29) Virginia: Managed lanes “public private partnership” for I-66 attracts 19 responses. A request for proposals is expected to be released in early 2014. Abertis, Bechtel, Cintra, Fluor, Transurban and Macquarie Group have expressed interest. The project may cost $2 billion, and include bus rapid transit. [Sub required]
30) International: Eastern Europe may be a target for more “public private partnerships“ in infrastructure. “On paper at least, Central and Eastern European states seemingly tick a number of boxes: they’re growing faster than the rest of Europe, yet present more robust institutional structures than many other developing economies; they remain in crucial need of more and better infrastructure, yet lack the resources and skills necessary to build it.” [Sub required]
31) Think Tanks: The pro-privatization Reason Foundation’s Robert W. Poole takes aim at critics of “public private partnerships” in his regular column in Public Works Financing [Public Works Financing, November 2013; sub required]. Poole is especially pained that mainstream publications such as Governing magazine, the New York State comptroller, and the California Legislative Analyst’s Office are challenging the biased and superficial pro-P3 boosterism of the privatization industry and its think tanks. Poole, Reason’s co-founder and currently its Searle Freedom Trust Transportation Fellow, has plugged road privatization companies: In the March 2012 issue of Reasonmagazine, he promoted Transurban, Fluor, Cintra and Zachry in an article defending road privatization companies from the charge that they are foreign-based. All four have been Reason funders. In 1999, Poole received the Roe Award, along with Grover Norquist, from the Koch-funded State Policy Network, on whose board of directors he once sat. David H. Koch is on the board of trustees of Reason.

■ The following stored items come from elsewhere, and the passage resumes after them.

//! Tests of single tables, from entries to bytes and back, and the tables that they read.
//!
//! They cover point reads, ranges, scans and seeks under each kind of index and of filter, by value
//! and borrowed. They also cover metadata, pinning, verification, the longest keys, the largest
//! sequence numbers, and allocation failures.
//!
//! The tables are those of an independent program, unchanged or with some of their bytes changed,
//! and tables of a few rows.
ghost use Rattle.test_reads.specs.Words as spec;

mod indexes;
mod lending;
pub mod lists;
mod long;
mod one_answer;
pub mod points;
pub mod queries;
pub mod reads;
pub mod refusals;
mod sections;
mod verified;
mod walks;

use lsm_tables::table::Table;
use lsm_writers::{BloomConstructionPolicy, FilterKind, IndexKind, Options, Timestamp, Writer};
use sst_blocks::{Checksum, EntryRef, Error, InternalValue, SeqNo, Slice, ValueType};
use std::alloc::Allocator;
use test_support::samples::rows::{Row, fill, new_writer};
use test_support::samples::stored::{filter_parts, one_entry, one_entry_filtered, two_levels};
use test_support::samples::tables::overwritten;

/// Three versions of `a` and one of `b`.
pub(crate) const ROWS: &[Row<'static>] = &[
    (b"a", 9, ValueType::Value, b""),
    (b"a", 7, ValueType::Value, b""),
    (b"a", 5, ValueType::Value, b""),
    (b"b", 1, ValueType::Value, b""),
];

// Entries of each kind. With a data block size of 7 they have three blocks: of 2 entries (69
// bytes), 3 (92) and 2.
const OF_EACH_KIND: &[Row<'static>] = &[
    (b"a", 9, ValueType::Value, b"first"),
    (b"a", 7, ValueType::Tombstone, b""),
    (b"a", 5, ValueType::Value, b"x"),
    (b"b", SeqNo::MAX - 5, ValueType::WeakTombstone, b""),
    (b"c", 3, ValueType::Indirection, b"elsewhere"),
    (b"d", 2, ValueType::Value, b"y"),
    (b"e", 1, ValueType::Value, b"z"),
];

/// The partitioned parts of a table, with one handle or key per partition.
#[derive(Clone, Copy)]
pub(crate) enum Parted {
    Nothing,
    Index,
    Filter,
    Both,
}

fn index_kind(parted: Parted) -> IndexKind
    ensures { spec.IsSmallIndex result }
{
    match parted {
        Parted::Index | Parted::Both => IndexKind::Partitioned(1),
        Parted::Nothing | Parted::Filter => IndexKind::Full,
    }
}

fn filter_kind(parted: Parted) -> FilterKind
    ensures { spec.IsSmallFilter result }
{
    match parted {
        Parted::Filter | Parted::Both => FilterKind::Partitioned(1),
        Parted::Nothing | Parted::Index => FilterKind::Full,
    }
}

// A writer with a data block size, of 4,096 at most, and a filter with some tenths of a bit per
// key.
fn writer_of<A: Allocator + Copy>(
    alloc: A,
    parted: Parted,
    bits: u32,
    block_size: u32,
) -> Result<Writer<A>, Error> {
    let options = Options {
        data_block_restart_interval: 16,
        index_block_restart_interval: 1,
        data_block_hash_ratio: 0,
        data_block_size: block_size.min(4_096),
        index_kind: index_kind(parted),
        filter_kind: filter_kind(parted),
        bloom_policy: BloomConstructionPolicy::BitsPerKey(bits),
    };
    Ok(new_writer(alloc)?.use_options(options))
}

/// The bytes of the table of some rows, by its writer.
pub(crate) fn written_by<A: Allocator + Copy>(
    writer: Writer<A>,
    alloc: A,
    rows: &[Row<'_>],
) -> Result<Slice<A>, Error> {
    Ok(fill(writer, alloc, rows)?.bytes)
}

/// The bytes of a table, by the filter's tenths of a bit per key, and the data block size, of 4,096
/// at most.
pub(crate) fn written<A: Allocator + Copy>(
    alloc: A,
    parted: Parted,
    rows: &[Row<'_>],
    bits: u32,
    block_size: u32,
) -> Result<Slice<A>, Error> {
    written_by(writer_of(alloc, parted, bits, block_size)?, alloc, rows)
}

// The bytes of a table of a@1 whose index has an interval of two.
fn written_with_interval<A: Allocator + Copy>(alloc: A) -> Result<Slice<A>, Error> {
    let rows: [Row<'static>; 1] = [(b"a", 1, ValueType::Value, b"x")];
    let writer = new_writer(alloc)?.use_index_block_restart_interval(2);
    written_by(writer, alloc, &rows)
}

// The bytes of a table of a@1 by a writer without options.
fn written_by_default<A: Allocator + Copy>(alloc: A) -> Result<Slice<A>, Error> {
    let rows: [Row<'static>; 1] = [(b"a", 1, ValueType::Value, b"x")];
    written_by(Writer::new(alloc, 1, 0, Timestamp::from(0))?, alloc, &rows)
}

// The bytes of a table of [`ROWS`], each in its own block, without a filter. The partitioned index
// starts with the default partition size: the smaller one set before it is forgotten.
fn written_forgetting_index<A: Allocator + Copy>(alloc: A) -> Result<Slice<A>, Error> {
    let writer = new_writer(alloc)?
        .use_data_block_size(0)
        .use_meta_partition_size(1)
        .use_partitioned_index();
    written_by(writer, alloc, ROWS)
}

// The bytes of a table of [`ROWS`], each in its own block, with a partitioned filter of the default
// policy. The partition size is forgotten.
fn written_forgetting_filter<A: Allocator + Copy>(alloc: A) -> Result<Slice<A>, Error> {
    let writer = Writer::new(alloc, 1, 0, Timestamp::from(0))?
        .use_data_block_size(0)
        .use_meta_partition_size(1)
        .use_partitioned_filter();
    written_by(writer, alloc, ROWS)
}

// The bytes of a table of [`ROWS`], each in its own block. The partition size is forgotten, because
// partitions are set after it.
fn written_forgetting<A: Allocator + Copy>(alloc: A) -> Result<Slice<A>, Error> {
    let writer = new_writer(alloc)?
        .use_data_block_size(0)
        .use_bloom_policy(BloomConstructionPolicy::BitsPerKey(100))
        .use_meta_partition_size(1)
        .use_partitioned_index()
        .use_partitioned_filter();
    written_by(writer, alloc, ROWS)
}

/// A table: a stored one, or one that is written. The stored ones have one entry, without a filter
/// and with one, or four entries, with a two-level index and with a partitioned filter.
#[derive(Clone, Copy)]
pub(crate) enum Of {
    One,
    Filtered,
    Levels,
    FilterParts,
    /// A table of [`ROWS`], each in its own block, without a filter.
    Rows(Parted),
    /// A table of [`ROWS`] with a filter of a partition for each key.
    Keys,
    /// A table of [`ROWS`] with an index and a filter of one partition each. A smaller partition
    /// size was set before they were partitioned.
    Forgetting,
    /// A table of [`ROWS`] without a filter, with an index of one partition.
    ForgettingIndex,
    /// A table of [`ROWS`] with a full index and a filter of one partition.
    ForgettingFilter,
    /// A table of [`ROWS`] in one block, without a filter.
    Block,
    /// A table of `a` with a sequence number and the value `x`.
    Numbered(SeqNo),
    /// A table of a@1 with the value `x`, by a writer without options.
    Default,
    /// A table whose index has an interval of two.
    Interval,
    /// A table of entries of each kind, in three blocks.
    Kinds,
}

// The bytes of a stored table.
fn stored(of: Of) -> &'static [u8] {
    match of {
        Of::One => &one_entry::BYTES,
        Of::Filtered => &one_entry_filtered::BYTES,
        Of::Levels => &two_levels::BYTES,
        Of::FilterParts => &filter_parts::BYTES,
        _ => &[],
    }
}

/// The bytes of a table.
pub(crate) fn bytes_of<A: Allocator + Copy>(alloc: A, of: Of) -> Result<Slice<A>, Error> {
    match of {
        Of::Rows(parted) => written(alloc, parted, ROWS, 0, 0),
        Of::Keys => written(alloc, Parted::Filter, ROWS, 100, 0),
        Of::Forgetting => written_forgetting(alloc),
        Of::ForgettingIndex => written_forgetting_index(alloc),
        Of::ForgettingFilter => written_forgetting_filter(alloc),
        Of::Block => written(alloc, Parted::Nothing, ROWS, 0, 4_096),
        Of::Numbered(number) => {
            let rows: [Row<'_>; 1] = [(b"a", number, ValueType::Value, b"x")];
            written(alloc, Parted::Nothing, &rows, 0, 4_096)
        }
        Of::Default => written_by_default(alloc),
        Of::Interval => written_with_interval(alloc),
        Of::Kinds => written(alloc, Parted::Nothing, OF_EACH_KIND, 0, 7),
        _ => Ok(Slice::from(alloc, stored(of))?),
    }
}

/// The offsets and new bytes of some ranges.
pub(crate) type Changes<'a> = &'a [(usize, &'a [u8])];

/// Whether the filter and the index are pinned.
pub(crate) type Pins = (bool, bool);

/// Each pair of pins.
pub(crate) const ALL_PINS: [Pins; 4] = [(true, true), (true, false), (false, true), (false, false)];

/// A table, the changes of its bytes, the pins, and a global sequence number.
pub(crate) type Changed<'a> = (Of, Changes<'a>, Pins, SeqNo);

/// The table of some bytes.
pub(crate) fn open_with<A: Allocator + Copy>(
    alloc: A,
    bytes: Slice<A>,
    pins: Pins,
    global_seqno: SeqNo,
) -> Result<Table<A>, Error> {
    Table::recover(alloc, bytes, Checksum(0), global_seqno, 0, pins.0, pins.1)
}

/// The bytes of a table, with some of them changed.
pub(crate) fn changed_bytes<A: Allocator + Copy>(
    alloc: A,
    changed: &Changed<'_>,
) -> Result<Slice<A>, Error> {
    let bytes = bytes_of(alloc, changed.0)?;
    overwritten(alloc, bytes.as_slice(), changed.1)
}

/// The table with some of its bytes changed.
pub(crate) fn opened<A: Allocator + Copy>(
    alloc: A,
    changed: &Changed<'_>,
) -> Result<Table<A>, Error> {
    let bytes = changed_bytes(alloc, changed)?;
    open_with(alloc, bytes, changed.2, changed.3)
}

/// The table of the rows, each in its own block. Its index is pinned, loaded by each reader, of two
/// levels, and of two levels as an earlier version stored it.
pub(crate) const KINDS: &[Changed<'static>] = &[LOADED, ON_DEMAND, TWO_LEVELS, OLDER];

/// The table with a pinned index.
pub(crate) const LOADED: Changed<'static> = (Of::Rows(Parted::Nothing), &[], (false, true), 0);

/// The table with an index that each reader loads.
pub(crate) const ON_DEMAND: Changed<'static> = (Of::Rows(Parted::Nothing), &[], (false, false), 0);

/// The table with a two-level index.
pub(crate) const TWO_LEVELS: Changed<'static> = (Of::Rows(Parted::Index), &[], (false, true), 0);

/// The table with a two-level index, as an earlier version stored it.
pub(crate) const OLDER: Changed<'static> = (Of::Levels, &[], (false, true), 0);

/// The table of a@1 whose meta block describes its sequence numbers as 0, opened with the largest
/// global sequence number.
pub(crate) const BELITTLED: Changed<'static> = (
    Of::One,
    &[
        (113, &[95, 193, 214, 191, 185, 119, 42, 72]),
        (871, &[0]),
        (903, &[0]),
    ],
    (true, true),
    SeqNo::MAX,
);

/// The table of a@(`u64::MAX` - 1) whose meta block describes its sequence numbers as 3, opened
/// with the global sequence number 3. The entry's own number overflows.
pub(crate) const UNDERSTATED: Changed<'static> = (
    Of::Numbered(SeqNo::MAX - 1),
    &[
        (117, &[92, 179, 23, 224, 215, 237, 250, 112]),
        (919, &THREE),
        (953, &THREE),
    ],
    (true, true),
    3,
);

// The number 3 as an item of a meta block.
const THREE: [u8; 8] = [3, 0, 0, 0, 0, 0, 0, 0];

/// A key and a snapshot.
pub(crate) type Sought = (&'static [u8], SeqNo);

/// The result of a read, and the numbers of data, index and filter blocks that it loads. These are
/// `u64::MAX` if the borrowing read has another result or other loads.
pub(crate) fn counted_read<A: Allocator + Copy>(
    table: &Table<A>,
    key: &[u8],
    seqno: SeqNo,
) -> (Result<Option<SeqNo>, Error>, [u64; 3]) {
    let key_hash = Table::<A>::key_hash(key);
    let (found, opened) = table.get_counted(key, seqno, key_hash);
    let (lent, lent_opened) = table.get_ref_counted(key, seqno, key_hash);
    let loads = if lends_same(&found, &lent) && opened == lent_opened {
        [opened.data_loads, opened.index_loads, opened.filter_loads]
    } else {
        [u64::MAX; 3]
    };
    (number_of(found), loads)
}

/// Whether a borrowing read has the same result as one by value.
pub(crate) fn lends_same<A: Allocator>(
    found: &Result<Option<InternalValue<A>>, Error>,
    lent: &Result<Option<EntryRef<'_>>, Error>,
) -> bool {
    match (found, lent) {
        (Ok(Some(item)), Ok(Some(entry))) => item.as_entry_ref() == *entry,
        (Ok(None), Ok(None)) => true,
        (Err(fault), Err(error)) => fault == error,
        _ => false,
    }
}

pub(crate) fn cloned(table: &Table) -> Result<Table, Error> {
    Ok(table.clone()?)
}

/// The sequence number of the entry that a read found, if any.
pub(crate) fn number_of<A: Allocator>(
    found: Result<Option<InternalValue<A>>, Error>,
) -> Result<Option<SeqNo>, Error> {
    match found {
        Ok(Some(item)) => Ok(Some(item.key.seqno)),
        Ok(None) => Ok(None),
        Err(error) => Err(error),
    }
}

32) Revolving Door News: Jamey Tesler, who has been general counsel for Massachusetts Treasurer Steven Grossman, heads to the law firm Greenberg Traurig. “Previously, Tesler served in multiple high-ranking roles in the Massachusetts Department of Transportation, and was its top adviser to the department during enactment of the state’s 2009 transportation overhaul law, which consolidated five transportation agencies.” Tesler will now work in Greenberg Traurig’s “litigation, government law and policy, public finance, and transportation practices. (…) He will also work on public private partnership initiatives and other transportation financing matters.” [Sub required]
Legislative Issues:
1) National: Public Works Financing compares two national infrastructure bank bills,one being promoted by Senator Mark Warner (D-VA) and the other by Rep. John Delaney (D-MD). Regarding “public private partnerships,” PWF says that the Warner bill is “focused on P3s,” while the Delaney bill requires that “at least 25% of projects must be P3s.” [Public Works Financing, November 2013; sub required] Govtrack.us gives the Warner bill a 17% chance of getting past committee and a 4% chance of being enacted; and the Delaney bill a 12% chance of getting past committee and a 3% chance of being enacted.